Beitrag von Christel_Inter »

Bibel – Gott – Religion und die Menschen!

Im Folgenden beziehe ich mich allein auf die christliche und jüdische Umgebung, weil ich mich da am besten auskenne. Ich weiß inzwischen aber auch, dass selbst der Islam ganz dicht in einer ähnlichen Beziehung Mensch-Religion lebt und wirkt – es sind viel zu viele Gemeinsamkeiten.
Das hier soll der Versuch sein, anhand von Begriffen mit dem Wahnsinn aufzuräumen, mit dem die unbelehrbaren Superfrommen aber auch die Spötter die Welt in Ordnung halten wollen.
Und ich als Autor dieses Textes hier bezeichne mich selbst als fröhlich fromme Christin.
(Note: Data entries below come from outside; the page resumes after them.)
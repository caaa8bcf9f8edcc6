// The types that the definitions in specs/ and the code of every crate share. No function stands here.
#![tactic(auto)]

// ---- the schema

// What leads to no object. An integer has its sign and its bytes, a float its bytes, an enum the number of its values, a
// struct its index.
#[derive(Clone, Copy)]
pub enum Flat {
    Boolean,
    Integer(bool, u8),
    Float(u8),
    Enumerated(u8),
    Struct(u8),
}

// What a reference leads to. A list and a table have their index, a direct list has that of its elements' table.
#[derive(Clone, Copy)]
pub enum Object {
    Text,
    Bytes,
    List(u8),
    Table(u8),
    DirectList(u8),
}

// What a table member or a list element is. A union has its index.
#[derive(Clone, Copy)]
pub enum Kind {
    OfFlat(Flat),
    OfObject(Object),
    OfUnion(u8),
}

#[derive(Clone, Copy)]
pub struct Member {
    pub kind: Kind,
    pub optional: bool,
    pub inplace: bool,
}

// Where a record of the packed schema stands: in the struct of an index, in a list, in a union, in a table.
#[derive(Clone, Copy)]
pub enum Role {
    InStruct(usize),
    InList,
    InUnion,
    InTable,
}

// ---- the fixed part of a table

// The layout cursor: the bytes laid out so far, the last bool byte and its next free bit (8: none is free).
// Kept: the next free bit is the count of the bits taken; 8 is the count of a full byte and is compared as a number (bit < 8).
#[derive(Clone, Copy)]
pub struct Cursor {
    pub end: usize,
    pub byte: usize,
    pub bit: usize,
}

// Where a value stands in its fixed part: its first byte, its bit there (of a bool), and its bytes.
#[derive(Clone, Copy)]
pub struct Slot {
    pub at: usize,
    pub bit: usize,
    pub size: usize,
}

// Where a member stands in its fixed part: its value's slot, and its flag's, which counts only where the member has one.
// Kept: whether there is a flag is said by the member (has_flag); an Option would say it once more, with an arm that never comes.
#[derive(Clone, Copy)]
pub struct Placement {
    pub value: Slot,
    pub flag: Slot,
}

// A member's row in the table of positions: the first bit of its value in the fixed part, that of its flag (4294967295 where it
// has none), and its size in bits.
// Kept: a row is the three numbers that the stored table has (row_bytes), 4294967295 among them.
#[derive(Clone, Copy)]
pub struct Row {
    pub value: usize,
    pub flag: usize,
    pub size: usize,
}

// ---- the walk

// Where an object stands: its offset; or, in place, where its content starts and the length that its holder gives. An element of a
// direct list stands in place in the list.
#[derive(Clone, Copy)]
pub enum Place {
    ByOffset(usize),
    InPlace(usize, usize),
}

// What stands at a member or an element: a refusal's number; no value; a value's bits; an unknown enum or choice; a
// struct with its index and place; an object; a union's choice and its object.
// Kept: a refusal is one of seven cases, which one match tells apart; a Result would need that match and one around it.
#[derive(Clone, Copy)]
pub enum Step {
    Refused(u8),
    Absent,
    Value(u64),
    Unknown(u16),
    Struct(u8, usize),
    Object(Object, Place),
    Choice(u16, Object, Place),
}

// An object's content: where it starts, and its length. An arrival finds it, or a refusal's number; a text or bytes as a part of
// the message are it too.
#[derive(Clone, Copy)]
pub struct Content {
    pub start: usize,
    pub length: usize,
}

// What may be spent: visits, and bytes of content.
#[derive(Clone, Copy)]
pub struct Budget {
    pub visits: u32,
    pub content: u64,
}

// What the walk has spent so far.
#[derive(Clone, Copy)]
pub struct Spent {
    pub visits: u32,
    pub content: u64,
}

// Its number and place, and the number in its holder of the member or element that it is about; 4294967295 where it is about none.
// Kept: these are the numbers that the C interface hands out (scalgo_judge, scalgo_field), and that the theorems name.
#[derive(Clone, Copy)]
pub struct Refusal {
    pub number: u8,
    pub place: usize,
    pub member: u32,
}

// What a path has come to: a refusal; no value; an unknown enum or choice; a value of a kind; a struct with its index and
// place; an object with its place, where its content starts, its length, and how many objects of depth are left below it.
// Value and Struct end with the place of the last object judged.
// Kept: a refusal is one of three cases that end a path (with Absent and Unknown); a Result would take out one of them.
#[derive(Clone, Copy)]
pub enum Found {
    Refused(Refusal),
    Absent,
    Unknown(u16),
    Value(Kind, u64, usize),
    Struct(u8, usize, usize),
    Object(Object, usize, usize, usize, usize),
}

// ---- the answers

// The member is a refusal's; 4294967295 where there is none.
// Kept: the five numbers of the C interface's verdict, in which 0 says that the message is accepted.
#[derive(Clone, Copy)]
pub struct Verdict {
    pub number: u8,
    pub place: usize,
    pub member: u32,
    pub visits: u32,
    pub content: u64,
}

// Reading to a sheet: the verdict, or 14 with what it spent, and the length of what was written.
// Kept: the C interface hands out both on every answer (scalgo_read), on a refusal with the length 0.
#[derive(Clone, Copy)]
pub struct ReadAnswer {
    pub verdict: Verdict,
    pub length: usize,
}

// Writing a message: 0, 1, 11, 12, 13 or 14, and the length of what was written. Making the table of positions: 0, 1 or 14 of these.
// Kept: the C interface hands out both on every answer (scalgo_write, scalgo_positions), on a refusal with the length 0.
#[derive(Clone, Copy)]
pub struct WriteAnswer {
    pub number: u8,
    pub length: usize,
}

// One field: a boolean; a number's bits, its width in bits and whether it has a sign; a float's bits and its width; an
// object's record kind (13 to 16, 18), place and length; a struct's place; absent; unknown with its number; a refusal.
// Kept: the cases are the answers of the C interface one by one (scalgo_field), a refusal among them.
#[derive(Clone, Copy)]
pub enum Answer {
    Boolean(bool),
    Number(u64, u8, bool),
    Float(u64, u8),
    Object(u8, usize, usize),
    Struct(usize),
    Absent,
    Unknown(u16),
    Refused(Refusal),
}

// An answer as a case number and three numbers; what a case does not use is 0.
// Kept: the C interface takes these four numbers (scalgo_field, scalgo_list), which cannot be given an enum.
#[derive(Clone, Copy)]
pub struct Case {
    pub case: u32,
    pub a: u64,
    pub b: u64,
    pub c: u64,
}
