//! What may come behind a whole term, a name or an opening bracket.
ghost use Rattle.std.specs.Prelude.{◌≡◌, ◌≤◌, Some, OnOk, length};
ghost use Rattle.term_building.specs.Ready.{IsReady, state_in};
ghost use Rattle.term_building.specs.State as steps;

use crate::builder::{Builder, Stage};
use crate::given_up::GivenUp;
use crate::groups::{Group, Heading};
use std::alloc::Global;
use term_syntax::{Mark, Shape, Token};
use terms_api::Terms;

impl Builder {
    // What may come after a term in this group, the innermost.
    #[inline(always)]
    pub(super) fn in_group<T: Terms>(
        &mut self,
        alloc: Global,
        text: &[u8],
        group: Group,
        shape: Shape,
        end: usize,
        store: &mut T,
    ) -> Result<(), GivenUp>
        requires ready { IsReady (T.store store.old) self.old }
        requires end { end ≤ length text.now }
        ensures built { OnOk result
            (steps.in_group text.now end group shape (state_in self.old (T.store store.old))
            ≡ Some (state_in self.new (T.store store.new))) }
        ensures ready { OnOk result (IsReady (T.store store.new) self.new) }
        ensures same { OnOk result (T.same store.old store.new) }
    {
        match shape {
            Shape::At(Mark::Comma) => {
                self.stage = Stage::Expected;
                Ok(())
            }
            Shape::At(Mark::Close) => self.close_call(alloc, text, group, end, store),
            Shape::At(Mark::CloseList) => self.close_list(text, group, end, store),
            _ => Err(GivenUp::Otherwise),
        }
    }

    // What may come after a whole term, or at the start.
    #[inline(always)]
    pub(super) fn after_term<T: Terms>(
        &mut self,
        alloc: Global,
        text: &[u8],
        token: Token,
        end: usize,
        store: &mut T,
    ) -> Result<(), GivenUp>
        requires ready { IsReady (T.store store.old) self.old }
        requires place { token.place ≤ end }
        requires end { end ≤ length text.now }
        ensures built { OnOk result
            (steps.after_term text.now token.place end token.shape
            (state_in self.old (T.store store.old))
            ≡ Some (state_in self.new (T.store store.new))) }
        ensures ready { OnOk result (IsReady (T.store store.new) self.new) }
        ensures same { OnOk result (T.same store.old store.new) }
    {
        match self.groups.innermost() {
            None => self.on_term(alloc, text, token, end, store),
            Some(group) => self.in_group(alloc, text, group, token.shape, end, store),
        }
    }

    // What may come behind an opening bracket.
    #[inline(always)]
    pub(super) fn in_brackets<T: Terms>(
        &mut self,
        alloc: Global,
        text: &[u8],
        token: Token,
        end: usize,
        store: &mut T,
    ) -> Result<(), GivenUp>
        requires ready { IsReady (T.store store.old) self.old }
        requires place { token.place ≤ end }
        requires end { end ≤ length text.now }
        ensures built { OnOk result
            (steps.in_brackets text.now token.place end token.shape
            (state_in self.old (T.store store.old))
            ≡ Some (state_in self.new (T.store store.new))) }
        ensures ready { OnOk result (IsReady (T.store store.new) self.new) }
        ensures same { OnOk result (T.same store.old store.new) }
    {
        match token.shape {
            Shape::At(Mark::CloseList) => self.after_term(alloc, text, token, end, store),
            _ => self.on_term(alloc, text, token, end, store),
        }
    }

    // What may come behind a name.
    #[inline(always)]
    pub(super) fn after_name<T: Terms>(
        &mut self,
        alloc: Global,
        text: &[u8],
        heading: Heading,
        token: Token,
        end: usize,
        store: &mut T,
    ) -> Result<(), GivenUp>
        requires ready { IsReady (T.store store.old) self.old }
        requires place { token.place ≤ end }
        requires end { end ≤ length text.now }
        ensures built { OnOk result
            (steps.after_name text.now heading token.place end token.shape
            (state_in self.old (T.store store.old))
            ≡ Some (state_in self.new (T.store store.new))) }
        ensures ready { OnOk result (IsReady (T.store store.new) self.new) }
        ensures same { OnOk result (T.same store.old store.new) }
    {
        match token.shape {
            Shape::At(Mark::Open) => self.open(Some(heading), Stage::Expected, store),
            _ => {
                self.settle(alloc, text, heading, token.place, store)?;
                self.after_term(alloc, text, token, end, store)
            }
        }
    }
}
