//! Outputs with traces that are worked out by hand.

use run_checks::{ReadFail, TraceVerdict, check_trace};
use std::alloc::{Alloc, Global};
use std::process::Abort;
use std::test::Fail;

/// What a check comes to: `derived`, `underived`, `line` (kind 15), `condition` (kind 19) or
/// `fault`, and its number.
fn answer_to(alloc: Global, input: &[u8]) -> Result<(&'static str, u64), Fail> {
    match check_trace(alloc, input) {
        Ok(TraceVerdict::Derived(values)) => Ok(("derived", values)),
        Ok(TraceVerdict::Underived(number)) => Ok(("underived", number)),
        Err(ReadFail::Refused { kind: 15, offset }) => Ok(("line", offset)),
        Err(ReadFail::Refused { kind: 19, offset }) => Ok(("condition", offset)),
        Err(ReadFail::Refused { offset, .. }) => Ok(("fault", offset)),
        Err(ReadFail::Memory) => Err("no memory".into()),
    }
}

/// Checks rows of outputs of a specification, each with what its check comes to.
fn answers<R: Abort + Alloc<A = Global>>(
    rt: &R,
    spec: &str,
    rows: &[(&str, (&str, u64))],
) -> Result<(), Fail> {
    for (output, wanted) in rows {
        let input = format!(in rt.alloc(); "spec {}\n{spec}\n{output}", spec.len())?;
        assert_eq!(rt;
            answer_to(rt.alloc(), input.as_bytes())?,
            *wanted,
            "{output}"
        );
    }
    Ok(())
}

#[test]
fn one_step_is_derived_by_its_rule(rt: HostRuntime) -> Result<(), Fail> {
    let with_step =
        b"spec 63\nREC-SPEC A SORTS S CONS a b : -> S RULES a -> b EVAL a END-SPEC\nb\n# trace 0 r0\n# end\n";
    let without =
        b"spec 63\nREC-SPEC A SORTS S CONS a b : -> S RULES a -> b EVAL a END-SPEC\nb\n# trace 0\n# end\n";
    assert_eq!(rt; answer_to(rt.alloc(), with_step)?, ("derived", 1));
    assert_eq!(rt; answer_to(rt.alloc(), without)?, ("underived", 0));
    Ok(())
}

/// 1 + 1: rule 1 makes s(plus(s(z),z)) of it, and rule 0 makes s(z) of the argument.
const SUM: &str =
    "REC-SPEC NAT SORTS Nat CONS z : -> Nat s : Nat -> Nat OPNS plus : Nat Nat -> Nat \
VARS X Y : Nat RULES plus(X,z) -> X plus(X,s(Y)) -> s(plus(X,Y)) EVAL plus(s(z),s(z)) END-SPEC";

#[test]
fn each_event_must_be_possible(rt: HostRuntime) -> Result<(), Fail> {
    let rows = [
        ("s(s(z))\n# trace 0 r1 d1 r0\n# end\n", ("derived", 1)),
        (
            "s(s(z))\n# trace 0 r1 d1 r0 u d1 d1 u\n# end",
            ("derived", 1),
        ),
        ("s(s(z))\n# trace 0 r0 r1 d1 r0\n# end\n", ("underived", 0)),
        ("s(s(z))\n# trace 0 r1 d1 r1\n# end\n", ("underived", 0)),
        ("s(s(z))\n# trace 0 r1 r0\n# end\n", ("underived", 0)),
        ("s(s(z))\n# trace 0 r1 d2 r0\n# end\n", ("underived", 0)),
        ("s(s(z))\n# trace 0 r1 d1 r0 u u\n# end\n", ("underived", 0)),
        (
            "s(s(z))\n# trace 0 r1 d1 r0 d1 d1\n# end\n",
            ("underived", 0),
        ),
        ("s(s(z))\n# trace 0 r1 d1 r2\n# end\n", ("underived", 0)),
    ];
    answers(&rt, SUM, &rows)
}

#[test]
fn events_must_end_with_the_line(rt: HostRuntime) -> Result<(), Fail> {
    let rows = [
        ("s(s(z))\n# trace 0 r1 d1\n# end\n", ("underived", 0)),
        ("s(z)\n# trace 0 r1 d1 r0\n# end\n", ("underived", 0)),
        ("s(s(z)\n# trace 0 r1 d1 r0\n# end\n", ("underived", 0)),
        ("s(s(z))z\n# trace 0 r1 d1 r0\n# end\n", ("underived", 0)),
        ("\n# trace 0 r1 d1 r0\n# end\n", ("underived", 0)),
        ("s(plus(s(z),z))\n# trace 0 r1\n# end\n", ("derived", 1)),
        ("plus(s(z),s(z))\n# trace 0\n# end\n", ("derived", 1)),
        ("out of fuel\n# end\n", ("derived", 0)),
    ];
    answers(&rt, SUM, &rows)
}

#[test]
fn numbers_may_be_large_and_never_begin_with_0(rt: HostRuntime) -> Result<(), Fail> {
    let rows = [
        ("s(s(z))\n# trace 0 r1 d0\n# end\n", ("underived", 0)),
        (
            "s(s(z))\n# trace 0 r1 d18446744073709551617 r0\n# end\n",
            ("underived", 0),
        ),
        (
            "s(s(z))\n# trace 0 r18446744073709551617\n# end\n",
            ("underived", 0),
        ),
        ("s(s(z))\n# trace 0 r01 d1 r0\n# end\n", ("line", 2)),
        ("s(s(z))\n# trace 00 r1 d1 r0\n# end\n", ("line", 2)),
        ("s(s(z))\n# trace 0 r1 d1 r0 \n# end\n", ("line", 2)),
    ];
    answers(&rt, SUM, &rows)
}

#[test]
fn lines_of_a_wrong_form_come_first(rt: HostRuntime) -> Result<(), Fail> {
    let rows = [
        ("s(s(z))\n# trace 1 r1 d1 r0\n# end\n", ("line", 2)),
        ("s(s(z))\n# end\n# trace 0 r1 d1 r0\n", ("line", 2)),
        ("s(s(z))\n# trace 0\n", ("line", 3)),
        ("s(s(z))\n# trace 0\n# end\n\n", ("line", 4)),
        ("# trace 0 r1 d1 r0\n# end\n", ("line", 2)),
        ("too deep\n# trace 0 r1 d1 r0\n# end\n", ("line", 2)),
        ("", ("line", 1)),
    ];
    answers(&rt, SUM, &rows)
}

/// Three terms, of which e(f(a),f(a)) alone has a step.
const THREE: &str = "REC-SPEC E SORTS S CONS a b : -> S f : S -> S OPNS e : S S -> S VARS X : S \
RULES e(X,X) -> a EVAL e(f(a),f(a)) e(a,b) f(b) END-SPEC";

#[test]
fn each_value_has_its_trace(rt: HostRuntime) -> Result<(), Fail> {
    let rows = [
        (
            "a\ne(a,b)\nf(b)\n# trace 0 r0\n# trace 1\n# trace 2\n# end\n",
            ("derived", 3),
        ),
        (
            "a\nf(b)\ne(a,b)\n# trace 0 r0\n# trace 1\n# trace 2\n# end\n",
            ("underived", 1),
        ),
        (
            "a\na\nb\n# trace 0 r0\n# trace 1 r0\n# trace 2\n# end\n",
            ("underived", 1),
        ),
        (
            "a\nout of fuel\nf(b)\n# trace 0 r0\n# trace 2\n# end\n",
            ("derived", 2),
        ),
        (
            "a\nout of fuel\nb\n# trace 0 r0\n# trace 2\n# end\n",
            ("underived", 2),
        ),
        (
            "a\nout of fuel\nf(b)\n# trace 2\n# trace 0 r0\n# end\n",
            ("line", 4),
        ),
        (
            "a\ne(a,b)\nf(b)\n# trace 0\n# trace 1\n# end\n",
            ("line", 6),
        ),
        ("a\ne(a,b)\n# trace 0 r0\n# trace 1\n# end\n", ("line", 4)),
    ];
    answers(&rt, THREE, &rows)
}

#[test]
fn the_specification_is_refused_at_its_place(rt: HostRuntime) -> Result<(), Fail> {
    answers(&rt, "REC-SPEC A EVAL a END-SPEC", &[("b\n", ("fault", 16))])?;
    answers(&rt, "REC-SPEC A EVAL", &[("b\n", ("fault", 15))])?;
    let guarded = "REC-SPEC A SORTS S CONS a b : -> S RULES a -> b if a = b EVAL a END-SPEC";
    answers(&rt, guarded, &[("", ("condition", 48))])
}

#[test]
fn a_heading_of_a_wrong_form_is_line_0(rt: HostRuntime) -> Result<(), Fail> {
    let inputs = [
        "",
        "spec 4\nabc",
        "spec 03\nabc\n",
        "spec 3\nabcd\n",
        "spec 99999999999999999999\nabc\n",
    ];
    for input in inputs {
        assert_eq!(rt;
            answer_to(rt.alloc(), input.as_bytes())?,
            ("line", 0),
            "{input}"
        );
    }
    Ok(())
}
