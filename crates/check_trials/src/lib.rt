//! Tests of the checkers of what the program writes: `run_checks`.
#![tactic(auto)]

#[cfg(test)]
mod traces;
Bibel = Die Bibel ist zunächst einmal eine zufällige und menschengemachte Textsammlung. Da ist nichts vom Himmel gefallen und nichts von einem zentralen Schreibbüro diktiert worden. Was zu dem Werk mit dem Namen „Bibel“ (für „Bibliothek“) gehört war noch vor 2.000 Jahren alles andere als einheitlich. Je nach Standort der Synagogen-Gemeinden und dann auch in den ersten christlichen Gemeinde rund um das Mittelmeer gab es in dem Ragel mit den als Heilig angesehenen Schriftrollen unterschiedliche Sammlungen – es gab Gemeinsamkeiten und starke Abweichung. Erst spät wurde dann ein verbindlicher Kanon zusammengestellt. So sind von einzelnen Büchern die Texte verschollen, nur noch die Titel bekannt. Für eine Bibel hat NIE JEMAND auch nur einen Text geschrieben. - So ist zum Beispiel in den christlichen Bibel heute eine „Postkarte“ (Brief) an einen gewissen Philemon enthalten. Ein sehr persönlicher Brief von Paulus an diesen vornehmen Philemon. Es kann davon ausgegangen werden, dass Paulus diese Veröffentlichung untersagt hätte, wäre ihm das vorher mitgeteilt worden.
Die allermeisten Texte in der Bibel sind nachträglich notiert worden, nach einer Rede, nach einem länger zurückliegenden Geschehen, nach einem lange Weg durch das volkstümliche Erzählen (Tradieren). Es war so wichtig, dass es nicht verloren gehen sollte… den Schreiben war wertvoll und ein Privileg der Wenigen.
Die Texte der Bibel hatten und haben aus sich heraus zu keinem Zeitpunkt den Wert von „Gesetz“ oder „Anweisung“. Solche Gebote, Verbote, usw. werden mit teilweise erheblicher zeitlicher Verzögerung als Erkenntnisse und Beobachtungen berichtet. Es sind Glaubens-Aussagen für ihre Zeit, für ihre Umgebung in sozialem und geografischem Bezug. Einer Übertragung steht darum nichts im Wege, solange Individuen von Heute sich diesen Regelwerken unterwerfen mögen.
Allein der gesellschaftliche Zeitbegriff stellte sich bis etwa 1850 vollkommen anders dar. Allein der Begriff „wie immer“ ist heute nicht mehr nachvollziehbar. (siehe technische Entwicklungen des Alltags).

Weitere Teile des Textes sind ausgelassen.